A zero-cost analytical estimate of outcome conditioning. At each position,
legal moves that lead to an immediate terminal state with a *different*
outcome than the actual game are excluded, and accuracy = 1/(N_legal - N_wrong).

This barely exceeds the unconditional ceiling (1.00x boost) because
immediate terminal states are rare — most moves at most positions lead to
non-terminal continuations, so the filter has almost nothing to exclude.

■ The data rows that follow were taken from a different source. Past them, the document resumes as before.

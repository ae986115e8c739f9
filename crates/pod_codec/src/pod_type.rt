//! The numbers of types, and the sizes of those that arrays and choices may hold.
ghost use Rattle.std.specs.Prelude.{◌≡◌, ◌<◌, IsTrue};
ghost use Rattle.pod_codec.specs.PodType.{child_size, choice_number, is_known_type, IsOther};
ghost use Rattle.pod_codec.specs.PodValue.{form_of};

use crate::pod::{ChoiceKind, Pod};

/// How many bytes a child of this type has; 0 where no array or choice may hold it.
pub fn size_of_child(child: u32) -> u32
    ensures size { result ≡ child_size child }
    ensures known { 0 < result → IsTrue (is_known_type child) }
    ensures others { result ≡ 0 → IsTrue (is_known_type child) → IsOther child }
{
    match child {
        2 | 3 | 4 | 6 => 4,
        5 | 7 | 10 | 11 | 18 => 8,
        _ => 0,
    }
}

/// The number of a value's type: 1 to 16, 18 or 19. Takes no memory.
///
/// Public source: PipeWire's documentation, "SPA POD", Types; `spa/utils/type.h`.
pub fn type_number(pod: &Pod) -> u32
    ensures { result ≡ (form_of pod.now).number }
{
    match pod {
        Pod::None => 1,
        Pod::Bool(_) => 2,
        Pod::Id(_) => 3,
        Pod::Int(_) => 4,
        Pod::Long(_) => 5,
        Pod::FloatBits(_) => 6,
        Pod::DoubleBits(_) => 7,
        Pod::Text(_) => 8,
        Pod::Bytes(_) => 9,
        Pod::Rectangle { .. } => 10,
        Pod::Fraction { .. } => 11,
        Pod::Bitmap(_) => 12,
        Pod::Array { .. } => 13,
        Pod::Struct(_) => 14,
        Pod::Object { .. } => 15,
        Pod::Sequence { .. } => 16,
        Pod::Fd(_) => 18,
        Pod::Choice { .. } => 19,
    }
}

/// The number of a kind of choice.
pub fn number_of_kind(kind: ChoiceKind) -> u32
    ensures { result ≡ choice_number kind }
{
    match kind {
        ChoiceKind::None => 0,
        ChoiceKind::Range => 1,
        ChoiceKind::Step => 2,
        ChoiceKind::Enum => 3,
        ChoiceKind::Flags => 4,
    }
}
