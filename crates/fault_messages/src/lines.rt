//! The line of a script, its words, and how bytes begin.
ghost use Rattle.std.specs.Prelude.{◌≡◌, [], option_copied, slice_index_or};
ghost use Rattle.graph_script.specs.Lexical.{words_of};
ghost use Rattle.fault_messages.specs.Places.{begins, line_at};

use graph_script::next_word;
use pw_lists::next_piece;

/// Whether bytes begin with these.
pub fn begins(bytes: &[u8], head: &[u8]) -> bool
    ensures { result ≡ begins bytes.now head.now }
{
    bytes.starts_with(head)
}

/// The word of a line, counted from 0; nothing where it has fewer.
pub fn word_of(line: &[u8], index: u32) -> &[u8]
    ensures { result.now ≡ slice_index_or (words_of line.now) index [] }
{
    let mut rest = line;
    for _ in 0..index {
        match next_word(rest) {
            None => return b"".as_slice(),
            Some((_word, after)) => rest = after,
        }
    }
    match next_word(rest) {
        None => b"".as_slice(),
        Some((word, _after)) => word,
    }
}

/// The line of a script with this number, counted from 1, if it has one.
pub fn line_at(script: &[u8], number: u32) -> Option<&[u8]>
    ensures { option_copied result ≡ line_at script.now number }
{
    let mut rest = script;
    for _ in 1..number {
        match next_piece(rest, b'\n') {
            (_line, None) => return None,
            (_line, Some(after)) => rest = after,
        }
    }
    let (line, _after) = next_piece(rest, b'\n');
    Some(line)
}
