//! The values that arrays and choices hold, as they are read.
ghost use Rattle.std.specs.Prelude.{◌≡◌, ◌+◌, ◌-◌, ◌%◌, ◌≤◌, ◌<◌, length, IfOk};
ghost use Rattle.pod_codec.specs.declared.pod.Pod.TheViews.{out-Pod};
ghost use Rattle.pod_codec.specs.PodType.{child_size};
ghost use Rattle.pod_codec.specs.Places.{AreAfter, IsScalarAt, IsElementAt, HasChildren};
ghost use Rattle.pod_codec.specs.Checks.{children_checks, first_failed, Answers};

use crate::cursor::{long_at, number_at};
use crate::fault::PodFault;
use crate::pod::Pod;
use crate::pod_type::size_of_child;
use pw_lists::{Items, Memory};
use std::alloc::Global;

/// The value of a type with a size of its own, whose body begins there.
pub fn scalar_at(bytes: &[u8], at: usize, kind: u32) -> Pod
    requires allowed { 0 < child_size kind }
    requires room { at + child_size kind ≤ length bytes.now }
    ensures { IsScalarAt bytes.now kind at (out-Pod result) }
{
    match kind {
        2 => Pod::Bool(number_at(bytes, at) != 0),
        3 => Pod::Id(number_at(bytes, at)),
        4 => Pod::Int(number_at(bytes, at).cast_signed()),
        5 => Pod::Long(long_at(bytes, at).cast_signed()),
        6 => Pod::FloatBits(number_at(bytes, at)),
        7 => Pod::DoubleBits(long_at(bytes, at)),
        10 => Pod::Rectangle {
            width: number_at(bytes, at),
            height: number_at(bytes, at + 4),
        },
        11 => Pod::Fraction {
            num: number_at(bytes, at),
            denom: number_at(bytes, at + 4),
        },
        _ => Pod::Fd(long_at(bytes, at).cast_signed()),
    }
}

/// The elements from a place to another, all of a type.
fn elements_at(
    alloc: Global,
    bytes: &[u8],
    at: usize,
    end: usize,
    child: u32,
) -> Result<Items<Pod>, Memory>
    requires allowed { 0 < child_size child }
    requires order { at ≤ end }
    requires within { end ≤ length bytes.now }
    requires whole { (end - at) % child_size child ≡ 0 }
    ensures { IfOk result (λ values. AreAfter (IsElementAt bytes.now child) at values end) }
{
    let size = size_of_child(child) as usize;
    let mut values = Items::new(alloc);
    let mut next = at;
    while next < end {
        values.push(scalar_at(bytes, next, child))?;
        next += size;
    }
    Ok(values)
}

/// The child type and the values of the array or choice that begins at `parent`, whose children's
/// size and type are at `at`, and whose body ends at `end`.
pub fn children_at(
    alloc: Global,
    bytes: &[u8],
    parent: usize,
    at: usize,
    end: usize,
) -> Result<(u32, Items<Pod>), PodFault>
    requires order { parent ≤ at }
    requires header { at + 8 ≤ end }
    requires within { end ≤ length bytes.now }
    requires small { end ≤ 1048584 }
    ensures found { IfOk result (λ children. HasChildren bytes.now at end children.0 children.1) }
    ensures fault { Answers result (first_failed (children_checks bytes.now parent at end)) }
{
    let size = number_at(bytes, at);
    let child = number_at(bytes, at + 4);
    let (parent, header) = (parent as u32, at as u32);
    if size == 0 && child <= 1 {
        if end != at + 8 {
            return Err(PodFault::Uneven { offset: parent });
        }
        return Ok((1, Items::new(alloc)));
    }
    if size_of_child(child) == 0 {
        return Err(PodFault::TypeUnknown {
            offset: header + 4,
            number: child,
        });
    }
    if size != size_of_child(child) {
        return Err(PodFault::Size { offset: header });
    }
    if (end - (at + 8)) % (size as usize) != 0 {
        return Err(PodFault::Uneven { offset: parent });
    }
    match elements_at(alloc, bytes, at + 8, end, child) {
        Ok(values) => Ok((child, values)),
        Err(_memory) => Err(PodFault::Memory),
    }
}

### MCTS conditional ceiling: 7.92%

The full Monte Carlo estimate. At each sampled position, every legal move is
tried and 32 random continuations are played out to estimate
P(outcome | move, history). The Bayes-optimal predictor picks the move most
consistent with the known outcome.

PAWN's input sequence begins with an outcome token (`WHITE_CHECKMATES`,
`STALEMATE`, `PLY_LIMIT`, etc.). This leaks information about the game's
trajectory, making some moves more predictable:

- **Checkmate games**: The final move must deliver checkmate. Knowing this
  raises the ceiling at the last ply from ~5% to ~14%.
- **Ply limit games**: Knowing the game lasts 255 plies constrains the move
  distribution slightly.
- **Stalemate games**: The final position has no legal moves but isn't check
  — very constraining on late moves.

## Adjusted accuracy

| Metric | Value |
|--------|-------|
| Unconditional ceiling (E[1/N_legal]) | 6.43% |
| Naive conditional ceiling (1-ply filter) | 6.44% |
| MCTS conditional ceiling (32 rollouts) | 7.92% |
| Conditioning boost (naive) | 1.00x |
| Conditioning boost (MCTS) | 1.23x |

For a model with top-1 accuracy A:

- **Adjusted (unconditional)** = A / 6.43% — measures how much the model
  has learned about chess legality. Values > 100% mean it has learned
  structure beyond just legal moves.
- **Adjusted (naive conditional)** = A / 6.44% — essentially the same as
  unconditional; confirms that 1-ply lookahead explains almost none of the
  outcome conditioning benefit.
- **Adjusted (MCTS conditional)** = A / 7.92% — measures how close the
  model is to the Bayes-optimal predictor with perfect outcome knowledge.
  This is the tighter bound.

### Final model results (100K steps)

| Variant | Top-1 | vs Uncond | vs Naive Cond | vs MCTS Cond |
|---------|-------|-----------|---------------|--------------|
| large (68M) | 6.94% | 108% | 108% | 88% |
| base (36M) | 6.86% | 107% | 107% | 87% |
| small (10M) | 6.73% | 105% | 105% | 85% |

All models exceed the unconditional and naive conditional ceilings,
confirming they learn chess structure beyond move legality. The large and
base models reach 87-88% of the MCTS conditional ceiling.

## Per-outcome breakdown

| Outcome | Uncond | Naive Cond | MCTS Cond | Positions |
|---------|--------|------------|-----------|-----------|
| White checkmated | 5.26% | 5.26% | 13.79% | 328 |
| Black checkmated | 5.02% | 5.02% | 13.64% | 388 |
| Stalemate | 7.22% | 7.22% | 18.67% | 125 |
| Insufficient material | 7.17% | 7.17% | 18.61% | 256 |
| Ply limit | 6.51% | 6.51% | 6.97% | 8,618 |

The naive conditional ceiling equals the unconditional ceiling across all
outcome types — the 1-ply filter never fires in practice. The MCTS ceiling
shows the real conditioning benefit: decisive outcomes (checkmate, stalemate,
insufficient material) get a 2.6x boost, while ply limit games — the vast
majority — show only 1.07x because knowing the game goes the distance
provides minimal per-move information.

## Reproducing

```bash
# Default: 2000 games, 32 rollouts/move, 2% sample rate
uv run python scripts/compute_theoretical_ceiling.py --model-accuracy 0.069

# Higher precision (slower)
uv run python scripts/compute_theoretical_ceiling.py --n-games 10000 --rollouts 64 --sample-rate 0.05
```

Results are saved to `data/theoretical_ceiling.json`.

## Caveats

- The MCTS ceiling is an estimate, not exact. With more rollouts and higher
  sample rates, the estimate improves but computation time increases
  quadratically.
- The ceiling assumes the model has perfect knowledge of P(outcome | move,
  history). In practice, the model must learn this from data, so the
  achievable accuracy for a finite model is somewhat below the ceiling.
- Game length information is implicit in the outcome token (e.g., PLY_LIMIT
  implies 255 plies). A model could theoretically use position in the
  sequence to estimate remaining game length, further improving predictions.